Никаких "норм" Свидригайлов над собою не знает. С вызывающим и почти простодушным цинизмом он следует только своему "самостоятельному хотению". Нет мерзости и злодейства, перед которыми бы он остановился. Он изнасиловал малолетнюю девочку, довел до самоубийства своего дворового человека. Конечно, не смигнув, подслушивает за дверями, конечно, развратник и сладострастник. И решительно ничего не стыдится.
"- Вы, кажется, игрок?
- Ну, какой я игрок. Шулер - не игрок.
- А вы были шулером?
- Да, был и шулером.
- Что же, вас бивали?
- Случалось..."
Но этот же Свидригайлов берет на себя устройство детей умершей Мармеладовой, хлопочет за них, помещает в сиротские заведения, собирается вытащить из омута проститутку Соню Мармеладову.
"- С какими же целями вы так разблаготворились? - спросил Раскольников.
- Э-эх! Человек недоверчивый! - засмеялся Свидригайлов. - Ведь я сказал, что эти деньги у меня лишние. Ну, а просто, по человечеству, не допускаете, что ль?"
После этого-то поступка Свидригайлова в отношении к нему Раскольникова и появляется та загадочность, о которой я говорил.

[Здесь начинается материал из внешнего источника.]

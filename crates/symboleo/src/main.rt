//! The program: it makes the objects of the outside, calls `run` with its words, and ends with the
//! status. The objects are in `host.rt`: files by name, standard input and standard output. They tell
//! contracts nothing of content, so contracts speak of safety and of the causes of faults alone.
#![tactic(auto)]

ghost use Rattle.std.specs.Prelude.{◌≡◌, ◌<◌, List, ℕ, IsTrue};

mod host;

use host::{HostFiles, StdInput, StdOutput};
use std::alloc::Global;
use std::env::FillError;
use std::io;
use std::marker::Brand;
use std::process::ExitCode;
use std::rt::Env;
use std::sync::ledger::{Blank, Ledger};
use sy_base::{List, Memory, Text};
use sy_outside::{Files, Sink, Source, Steps};
use sy_run::{Status, run};

/// The greatest length of a word in bytes: the system passes no longer one.
const WORD_LIMIT: usize = 131_072;

/// The words after the program's name. They need not be UTF-8.
fn words<R: Env>(rt: &R, alloc: Global) -> Result<List<Text>, Memory> {
    let mut words = List::new(alloc);
    let mut buf = vec![in alloc; 0; WORD_LIMIT]?;
    for number in 1..usize::MAX {
        match rt.arg(number, &mut buf) {
            Ok(length) => words.push(Text::new(alloc, &buf[..length])?)?,
            Err(FillError::NotPresent) => break,
            Err(FillError::TooLong) => return Err(Memory),
        }
    }
    Ok(words)
}

/// Runs with a counter of steps that begins at 0.
fn counted<L: Ledger, F: Files, S: Source, W: Sink>(
    alloc: Global,
    words: &[Text],
    files: &mut F,
    input: &mut S,
    out: &mut W,
    blank: Blank,
) -> Status
    requires name { blank.name ≡ L.name }
    requires parts { blank.parts ≡ L.parts }
    requires some { 0 < blank.parts }
    requires lent { (n : List ℕ) → IsTrue (F.lent files.old n) }
{
    let mut steps = Steps::<L>::new(blank);
    run(alloc, words, files, input, out, &mut steps)
}

fn main(rt: HostRuntime) -> ExitCode {
    let Ok(words) = words(&rt, rt.alloc()) else {
        return ExitCode::from(Status::Memory.number());
    };
    let mut files = HostFiles::new(&rt, rt.alloc());
    let mut input = StdInput::new(rt.reader());
    let mut out = StdOutput::new(io::writer(&rt));
    let status = counted::<Brand, _, _, _>(
        rt.alloc(),
        words.items(),
        &mut files,
        &mut input,
        &mut out,
        Blank::new(1),
    );
    ExitCode::from(status.number())
}
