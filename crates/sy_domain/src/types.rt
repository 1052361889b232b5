ghost use Rattle.std.specs.Prelude.{◌≡◌, ◌++◌, map, reverse, IfOk, OnOk, option_copied, option_map, slice_get};
ghost use Rattle.std.specs.List.{flat_map};
ghost use Rattle.std.specs.Map.{lookup, keys_of};
ghost use Rattle.sy_chains.specs.Chains as chains;
ghost use Rattle.sy_chains.specs.Chains.{NoCycle};
ghost use Rattle.sy_domain.specs.Chains.{base_number};
ghost use Rattle.sy_domain.specs.Names.{all_names, meaning_in, same};
ghost use Rattle.sy_domain.specs.declared.meaning.Sort.TheVariants as S;
ghost use Rattle.sy_domain.specs.Ontologies as ontologies;
ghost use Rattle.sy_domain.specs.Ontologies.{domain_of, inherited, kind_at, member_in, members_in, owned_at, sort_named};

use crate::chains::all_bases;
use crate::members::{all_kinds, all_owned, copy_names, sort_named};
use crate::{Meaning, Names, Sort};
use indexmap::IndexMap;
use std::alloc::Global;
use std::marker::Model;
use sy_base::{List, Memory, Text};
use sy_chains::{base_at, chain_above, is_above};
use sy_spec::SpecTree;

/// What kind of type it is.
#[derive(Clone, Copy, Debug, PartialEq, Eq)]
pub enum TypeKind {
    Role,
    Asset,
    Event,
    Enumeration,
}

/// An attribute of a type, an own or an inherited one.
#[derive(Clone, Copy, Debug, PartialEq, Eq)]
pub struct Member {
    /// Whether each happening gives its value.
    pub env: bool,
    pub sort: Sort,
}

/// The names of a specification, and its types by their numbers.
#[derive(Drop)]
pub struct Ontology {
    names: Names,
    bases: List<Option<usize>>,
    kinds: List<Option<TypeKind>>,
    /// The own members of each type by their names.
    owned: Vec<IndexMap<Text, Member>>,
}

impl Model for Ontology {
    ghost use Rattle.std.specs.Prelude.{map};
    ghost use Rattle.sy_domain.specs.Ontologies.{Domain};

    ghost Value = { Domain };

    ghost view = { λ o. record {
      table = o.names.table;
      bases = o.bases;
      kinds = o.kinds;
      owned = map (λ m. m.entries) o.owned.items;
    } };
}

impl Ontology {
    /// The types of a specification.
    pub(crate) fn of(alloc: Global, names: Names, tree: &SpecTree) -> Result<Ontology, Memory>
        requires names { names ≡ all_names tree.now }
        requires none { NoCycle (map (base_number (all_names tree.now).table) tree.now.domain.types) }
        ensures { IfOk result (λ o. o ≡ domain_of tree.now) }
    {
        let types = tree.domain.types.items();
        let bases = all_bases(alloc, &names, types)?;
        let kinds = all_kinds(alloc, types, bases.items())?;
        let owned = all_owned(alloc, &names, types)?;
        Ok(Ontology {
            names,
            bases,
            kinds,
            owned,
        })
    }

    /// What a name of the shared space stands for.
    pub fn meaning(&self, name: &Text) -> Option<Meaning>
        ensures { result ≡ meaning_in self.now.table name.now }
    {
        self.names.meaning(name)
    }

    /// The sort that a type's name stands for; numbers, where it is no type.
    pub fn sort(&self, name: &Text) -> Sort
        ensures { result ≡ sort_named self.now.table name.now }
    {
        sort_named(&self.names, name)
    }

    /// The kind of the type with a number.
    pub fn kind(&self, number: usize) -> Option<TypeKind>
        ensures { result ≡ kind_at self.now number }
    {
        match self.kinds.items().get(number) {
            Some(kind) => *kind,
            None => None,
        }
    }

    /// The own member of a type with a name.
    fn own_member(&self, number: usize, name: &Text) -> Option<Member>
        ensures { result ≡ lookup (same name.now) (owned_at self.now number) }
    {
        match self.owned.get(number) {
            Some(members) => members.get(name).copied(),
            None => None,
        }
    }

    /// The member with a name that a type inherits.
    fn inherited(&self, number: usize, name: &Text) -> Option<Member>
        ensures { result ≡ lookup (same name.now) (inherited self.now number) }
    {
        let bases = self.bases.items();
        let mut at = base_at(bases, number);
        'steps: for k in 0..bases.len() {
            let reached = at?;
            match self.own_member(reached, name) {
                Some(member) => return Some(member),
                None => at = base_at(bases, reached),
            }
        }
        None
    }

    /// A member of the things of a sort.
    pub fn member(&self, sort: Sort, name: &Text) -> Option<Member>
        ensures { result ≡ member_in self.now sort name.now }
    {
        match sort {
            Sort::Declared(number) => match self.own_member(number, name) {
                Some(member) => Some(member),
                None => self.inherited(number, name),
            },
            _ => None,
        }
    }

    /// The own members of the type with a number by their names.
    pub fn own_members(&self, number: usize) -> Option<&IndexMap<Text, Member>>
        ensures { option_map (λ m. m.entries) (option_copied result) ≡ slice_get self.now.owned number }
    {
        self.owned.get(number)
    }

    /// The isA chain above a type, by the numbers of its types, from its base on.
    pub fn above(&self, alloc: Global, number: usize) -> Result<List<usize>, Memory>
        ensures { IfOk result (λ above. above ≡ chains.above self.now.bases number) }
    {
        chain_above(alloc, self.bases.items(), number)
    }

    /// The names of a type's own members.
    fn own_names(&self, number: usize) -> &[Text]
        ensures { result.now ≡ keys_of (owned_at self.now number) }
    {
        match self.owned.get(number) {
            Some(members) => members.keys().as_slice(),
            None => &[],
        }
    }

    /// Puts the names of the own members of some types behind other names, the last type's first.
    fn name_all(&self, alloc: Global, numbers: &[usize], out: &mut List<Text>) -> Result<(), Memory>
        ensures { OnOk result (out.new ≡ out.old
            ++ flat_map (λ n. keys_of (owned_at self.now n)) (reverse numbers.now)) }
    {
        'number: for number in numbers.iter().rev() {
            copy_names(alloc, self.own_names(*number), out)?;
        }
        Ok(())
    }

    /// The names of all members of the type with a number, the inherited ones first.
    pub fn member_names(&self, alloc: Global, number: usize) -> Result<List<Text>, Memory>
        ensures { IfOk result (λ names. names ≡ keys_of (members_in self.now (S.Declared number))) }
    {
        let above = self.above(alloc, number)?;
        let mut names = List::new(alloc);
        self.name_all(alloc, above.items(), &mut names)?;
        copy_names(alloc, self.own_names(number), &mut names)?;
        Ok(names)
    }

    /// Whether a type is another one, or has it on its isA chain.
    pub fn derives(&self, from: usize, to: usize) -> bool
        ensures { result ≡ ontologies.reaches self.now.bases from to }
    {
        from == to || is_above(self.bases.items(), from, to)
    }
}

Дела Раскольникова уже очень плохи, он близок к тому, чтоб идти и донести на себя.
"В последнее время Раскольников, хоть и всегда почти был один, никак не мог почувствовать, что он один. Он сознавал как будто чье-то близкое и тревожное присутствие, не то, чтобы страшное, а как-то уж очень досаждающее... Было что-то требующее немедленного разрешения, но чего ни осмыслить, ни словами нельзя было передать. Все в какой-то клубок сматывалось".